A Woman of Rumor

Also known as The Crucified Woman, this late work - made between Sansho the Bailiff and The Crucified Lovers - is set in a brothel, where the madam's daughter falls in love with a young doctor, who is also loved by the mother. Virtually unknown until now in this country (the film played five years ago at PFA in a print equipped only with French subtitles), A Woman of Rumor has been called the major find among the current Mizoguchi premieres by Andrew Sarris.

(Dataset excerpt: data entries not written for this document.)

//! The pool of ready goroutines.

ghost use Rattle.std.specs.Prelude.{◌≡◌, ◌∷◌, ◌++◌, [], length, true, option_copied, slice_get, if◌then◌else◌, ◌↔◌, IsTrue, OnOk};
ghost use Rattle.std.specs.Prelude.{OnErr, IsOk};
ghost use Rattle.gr_pool.specs.Goroutines.{is_among, IsInOrder, with_name, without_name, next_name};

use crate::places::{known_place, next_place, place_of, stands_at};
use gr_base::{GoName, NoMemory};
use indexmap::IndexSet;
use std::alloc::Global;
use std::cell::Cell;
use std::marker::Model;

/// Goroutines, each known from a time on, and at each time ready or not. The ready ones stand in the order of their names.
pub struct Pool {
    alloc: Global,
    known: IndexSet<GoName>,
    /// The places of the ready names among the known ones, in the order of the names.
    ready: Vec<usize>,
    /// Where the last answer of `next_after` stood among the ready ones: a guess of where its next question begins.
    last: Cell<usize>,
    /// Where the name that was made unready last stands among the known ones: a guess of the next that is made ready.
    gone: Cell<usize>,
}

// Written out, so that crates above call it and need not prove it again.
impl Drop for Pool {
    fn drop(self) {
        let Pool {
            alloc: _,
            known: _,
            ready: _,
            last: _,
            gone: _,
        } = self;
    }
}

impl Model for Pool {
    ghost use Rattle.std.specs.Prelude.{◌<◌, ◌≤◌, All, length};
    ghost use Rattle.std.specs.Vec.{vec_capacity};
    ghost use Rattle.gr_pool.specs.Goroutines.{Goroutines, IsInOrder, names_at};

    ghost Value = { Goroutines };

    ghost view = { λ p. record { known = p.known.keys; ready = names_at p.known.keys p.ready.items } };

    ghost invariant = { λ p. All (λ place. place < length p.known.keys) p.ready.items
        × IsInOrder (names_at p.known.keys p.ready.items) × (length p.known.keys ≤ vec_capacity p.ready) };
}

impl Pool {
    /// A pool that knows no goroutine. It takes no memory.
    pub fn new(alloc: Global) -> Pool
        ensures { result ≡ record { known = []; ready = [] } }
    {
        Pool {
            alloc,
            known: IndexSet::new(alloc),
            ready: Vec::new(alloc),
            last: Cell::new(0),
            gone: Cell::new(0),
        }
    }

    /// Makes a name known, and makes room for it among the ready ones. A name that is already known takes no memory. Refused,
    /// nothing has changed.
    pub fn know(&mut self, name: &GoName) -> Result<(), NoMemory>
        ensures known { OnOk result (self.new.known
            ≡ (if is_among name.now self.old.known then self.old.known else self.old.known ++ name.now ∷ [])) }
        ensures there { OnOk result (is_among name.now self.new.known ≡ true) }
        ensures ready { self.new.ready ≡ self.old.ready }
        ensures err { OnErr result (self.new ≡ self.old) }
        ensures succeeds { is_among name.now self.old.known ≡ true → IsOk result }
    {
        if self.known.contains(name) {
            return Ok(());
        }
        let name = name.copy(self.alloc)?;
        let unready = self.known.len().saturating_sub(self.ready.len());
        self.ready.reserve(unready + 1)?;
        self.known.insert(name)?;
        Ok(())
    }

    /// Whether the goroutine is ready.
    pub fn contains(&self, name: &GoName) -> bool
        ensures { result ≡ is_among name.now self.now.ready }
    {
        match place_of(self.known.as_slice(), self.ready.as_slice(), name) {
            Ok(_) => true,
            Err(_) => false,
        }
    }

    /// How many goroutines are ready.
    pub fn len(&self) -> usize
        ensures count { result ≡ length self.now.ready }
        ensures ordered { IsInOrder self.now.ready }
    {
        self.ready.len()
    }

    /// The ready goroutine at a place, in name order.
    pub fn get(&self, place: usize) -> Option<&GoName>
        ensures { option_copied result ≡ slice_get self.now.ready place }
    {
        self.known.get_index(*self.ready.get(place)?)
    }

    /// Whether no goroutine is ready.
    pub fn is_empty(&self) -> bool
        ensures { IsTrue result ↔ (self.now.ready ≡ []) }
    {
        self.ready.is_empty()
    }

    /// Makes a known goroutine ready. It takes no memory. It takes constant time where the goroutine is the last answer of
    /// `next_after` and is ready. The goroutine that was made unready last is found without a search.
    pub fn insert(&mut self, name: &GoName)
        requires { is_among name.now self.old.known ≡ true }
        ensures ready { self.new.ready ≡ with_name name.now self.old.ready }
        ensures known { self.new.known ≡ self.old.known }
    {
        let guess = self.last.get();
        if stands_at(self.known.as_slice(), self.ready.as_slice(), name, guess) {
            return;
        }
        let found = place_of(self.known.as_slice(), self.ready.as_slice(), name);
        let Err(place) = found else { return };
        let known = known_place(&self.known, name, self.gone.get());
        self.ready.insert(place, known).unwrap();
    }

    /// Makes a goroutine unready. It takes no memory.
    pub fn remove(&mut self, name: &GoName)
        ensures ready { self.new.ready ≡ without_name name.now self.old.ready }
        ensures known { self.new.known ≡ self.old.known }
    {
        let found = place_of(self.known.as_slice(), self.ready.as_slice(), name);
        let Ok(place) = found else { return };
        self.gone.set(self.ready[place]);
        let _ = self.ready.remove(place);
    }

    /// The first ready goroutine after this one in name order, or else the first of all. The time is constant where just one
    /// is ready. It is constant too where this one was the last answer and the same goroutines are still ready. Otherwise it
    /// is logarithmic.
    #[inline(always)]
    pub fn next_after(&self, name: &GoName) -> Option<&GoName>
        ensures next { option_copied result ≡ next_name name.now self.now.ready }
        ensures ordered { IsInOrder self.now.ready }
    {
        if let [place] = self.ready.as_slice() {
            self.last.set(0);
            return self.known.get_index(*place);
        }
        let guess = self.last.get();
        let place = next_place(self.known.as_slice(), self.ready.as_slice(), name, guess);
        if place < self.ready.len() {
            self.last.set(place);
            return self.known.get_index(self.ready[place]);
        }
        None
    }
}
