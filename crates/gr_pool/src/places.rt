//! Where a name stands, or belongs, in a sorted list of names. The list is kept as places in a list of known names.

ghost use Rattle.std.specs.Prelude.{◌≡◌, ◌<◌, ◌≤◌, length, drop, All, slice_get, IfOk, IfErr, IsTrue, true};
ghost use Rattle.gr_pool.specs.Goroutines.{IsInOrder, names_at, greater, next_name, is_among, StandsAt, BelongsAt, IsKnownAt};

use gr_base::GoName;
use indexmap::IndexSet;
use std::cmp::Ordering;

/// Where the name stands, or else where it belongs. The time is logarithmic in the number of places.
pub fn place_of(known: &[GoName], ready: &[usize], name: &GoName) -> Result<usize, usize>
    requires within { All (λ place. place < length known.now) ready.now }
    requires ordered { IsInOrder (names_at known.now ready.now) }
    ensures found { IfOk result (StandsAt name.now (names_at known.now ready.now)) }
    ensures missing { IfErr result (BelongsAt name.now (names_at known.now ready.now)) }
{
    let mut low = 0usize;
    let mut high = ready.len();
    while low < high {
        let middle = low + (high - low) / 2;
        match known[ready[middle]].cmp(name) {
            Ordering::Equal => return Ok(middle),
            Ordering::Less => low = middle + 1,
            Ordering::Greater => high = middle,
        }
    }
    Err(low)
}

/// Whether the name stands at the place.
pub fn stands_at(known: &[GoName], ready: &[usize], name: &GoName, place: usize) -> bool
    requires within { All (λ place. place < length known.now) ready.now }
    requires ordered { IsInOrder (names_at known.now ready.now) }
    ensures { IsTrue result → StandsAt name.now (names_at known.now ready.now) place }
{
    if place >= ready.len() {
        return false;
    }
    known[ready[place]] == *name
}

/// Where a known name stands among the known ones: at the guess, or else as a search finds it.
pub fn known_place(known: &IndexSet<GoName>, name: &GoName, guess: usize) -> usize
    requires { is_among name.now known.now.keys ≡ true }
    ensures { IsKnownAt known.now.keys name.now result }
{
    if let Some(found) = known.get_index(guess) {
        if found == name {
            return guess;
        }
    }
    known.get_index_of(name).unwrap()
}

/// Where the names after this one begin. The time is constant where the name stands at the guess.
fn place_after(known: &[GoName], ready: &[usize], name: &GoName, guess: usize) -> usize
    requires within { All (λ place. place < length known.now) ready.now }
    requires ordered { IsInOrder (names_at known.now ready.now) }
    ensures within { result ≤ length ready.now }
    ensures after { drop result (names_at known.now ready.now) ≡ greater name.now (names_at known.now ready.now) }
{
    if stands_at(known, ready, name, guess) {
        return guess + 1;
    }
    match place_of(known, ready, name) {
        Ok(place) => place + 1,
        Err(place) => place,
    }
}

/// Where the first name after this one stands, else the first of all. The time is constant where the name stands at the
/// guess, and else logarithmic.
#[inline(always)]
pub fn next_place(known: &[GoName], ready: &[usize], name: &GoName, guess: usize) -> usize
    requires within { All (λ place. place < length known.now) ready.now }
    requires ordered { IsInOrder (names_at known.now ready.now) }
    ensures { slice_get (names_at known.now ready.now) result ≡ next_name name.now (names_at known.now ready.now) }
{
    let place = place_after(known, ready, name, guess);
    if place < ready.len() {
        return place;
    }
    0
}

The Village Voice critic goes on to write: “The film has the feeling of late Ford or Buñuel, of a director who has rummaged through all the styles of expression and arrived at the most subtly exquisite, minimalist ways of expressing his deepest, most complex sentiments. Mizoguchi, with the help of his closest collaborators, is working in congenial territory in depicting the traditions of a modern geisha house. The camera lingers lovingly on the women of the Izutsuya House of Kyoto and harshly on the boorish businessmen who patronize them. By shifting from the cultural and social indictments of A Geisha and Street of Shame to the moving story of a rebellious daughter who comes to appreciate her mother's role in running a public house, Mizoguchi adds an upbeat lilt to the thematic material that most fascinated him.”

(A Woman of Rumor will be repeated Wednesday, August 19, at 9:30.)